INPUT FOR THIS TASK:

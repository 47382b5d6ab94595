//! Texts as one line can show them.
ghost use Rattle.std.specs.Prelude.{◌≡◌, ◌++◌, ◌≤◌, ◌<◌, ◌/◌, ◌%◌, ◌||◌, OnOk, codes, false};
ghost use Rattle.bstr.specs.Escape.{escape_byte, hex_digit};
ghost use Rattle.crs_streams.specs.Escaped.{code_point, coded, composes, digits_above, escaped, hex_byte, hides, shown_char, steers};

use bstr::{ByteSlice, ByteVec};
use std::alloc::AllocError;

/// Appends a text as a line shows it: backslashes are escaped, and what steers a terminal, ends a line, turns a text,
/// shows as a blank or as nothing or composes with the character before it, such as `\\`, `\n`, `\x1B` and `\u202E`;
/// what isn't UTF-8 is U+FFFD. `AllocError`: there is no memory for it.
pub fn append_escaped(bytes: &[u8], out: &mut Vec<u8>) -> Result<(), AllocError>
    ensures { OnOk result (out.new.items ≡ out.old.items ++ escaped bytes.now) }
{
    for c in bytes.chars() {
        append_char(c, out)?;
    }
    Ok(())
}

fn append_char(c: char, out: &mut Vec<u8>) -> Result<(), AllocError>
    ensures { OnOk result (out.new.items ≡ out.old.items ++ shown_char c) }
{
    if c == ' ' {
        out.push(b' ').map_err(AllocError::from)
    } else if c < '\u{80}' {
        append_byte(c as u8, out)
    } else if is_coded(c) {
        append_code(c as u16, out)
    } else {
        out.push_char(c)
    }
}

/// Whether a character from U+0080 on is written by its code.
pub(crate) fn is_coded(c: char) -> bool
    ensures { result ≡ coded c }
{
    steers(c) || hides(c) || composes(c)
}

// Whether a character shows as a blank or as nothing.
fn hides(c: char) -> bool
    ensures { result ≡ hides c }
{
    matches!(
        c,
        '\u{a0}' | '\u{ad}' | '\u{2000}'..='\u{200d}' | '\u{202f}' | '\u{205f}'..='\u{206f}' | '\u{3000}' | '\u{fe00}'..='\u{fe0f}' | '\u{feff}'
    )
}

// Whether a character stands on the one before it, so that the two look like one character.
fn composes(c: char) -> bool
    ensures { result ≡ composes c }
{
    matches!(c, '\u{300}'..='\u{36f}' | '\u{3099}' | '\u{309a}')
}

// Whether a character from U+0080 on steers a terminal, ends a line or changes the direction of a text.
fn steers(c: char) -> bool
    ensures { result ≡ steers c }
{
    matches!(
        c,
        '\u{80}'..='\u{9f}' | '\u{61c}' | '\u{200e}' | '\u{200f}' | '\u{2028}'..='\u{202e}' | '\u{2066}'..='\u{2069}'
    )
}

fn append_byte(byte: u8, out: &mut Vec<u8>) -> Result<(), AllocError>
    ensures { OnOk result (out.new.items ≡ out.old.items ++ escape_byte byte) }
{
    match byte {
        b'\0' => out.extend_from_slice(b"\\0"),
        b'\t' => out.extend_from_slice(b"\\t"),
        b'\n' => out.extend_from_slice(b"\\n"),
        b'\r' => out.extend_from_slice(b"\\r"),
        b'\\' => out.extend_from_slice(b"\\\\"),
        b'!'..=b'~' => out.push(byte).map_err(AllocError::from),
        _ => {
            out.extend_from_slice(b"\\x")?;
            append_hex(byte, out)
        }
    }
}

/// Appends a character by its code, such as `\u202E`.
pub(crate) fn append_code(code: u16, out: &mut Vec<u8>) -> Result<(), AllocError>
    ensures { OnOk result (out.new.items ≡ out.old.items ++ (codes "\\u" ++ hex_byte (code / 256) ++ hex_byte (code % 256))) }
{
    out.extend_from_slice(b"\\u")?;
    append_hex((code / 256) as u8, out)?;
    append_hex((code % 256) as u8, out)
}

/// Appends the code point of a character, such as `U+0041`. `AllocError`: there is no memory for it.
pub fn append_code_point(c: char, out: &mut Vec<u8>) -> Result<(), AllocError>
    ensures { OnOk result (out.new.items ≡ out.old.items ++ code_point c) }
{
    let code = c as u32;
    out.extend_from_slice(b"U+")?;
    append_above(code, out)?;
    append_hex((code / 256 % 256) as u8, out)?;
    append_hex((code % 256) as u8, out)
}

fn append_above(code: u32, out: &mut Vec<u8>) -> Result<(), AllocError>
    requires { code ≤ 0x10FFFF }
    ensures { OnOk result (out.new.items ≡ out.old.items ++ digits_above code) }
{
    let above = (code / 0x1_0000) as u8;
    if code < 0x1_0000 {
        Ok(())
    } else if code < 0x10_0000 {
        out.push(hex_digit(above)).map_err(AllocError::from)
    } else {
        append_hex(above, out)
    }
}

/// Appends two hexadecimal digits.
pub(crate) fn append_hex(byte: u8, out: &mut Vec<u8>) -> Result<(), AllocError>
    ensures { OnOk result (out.new.items ≡ out.old.items ++ hex_byte byte) }
{
    out.extend_from_slice(&[hex_digit(byte / 16), hex_digit(byte % 16)])
}

fn hex_digit(value: u8) -> u8
    requires { value ≤ 15 }
    ensures { result ≡ hex_digit value }
{
    if value < 10 {
        b'0' + value
    } else {
        b'A' - 10 + value
    }
}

EXERCISE: For the string "there", show each line of the entries above where it occurs.

RESULT OF THE TASK:
/// what isn't UTF-8 is U+FFFD. `AllocError`: there is no memory for it.
/// Appends the code point of a character, such as `U+0041`. `AllocError`: there is no memory for it.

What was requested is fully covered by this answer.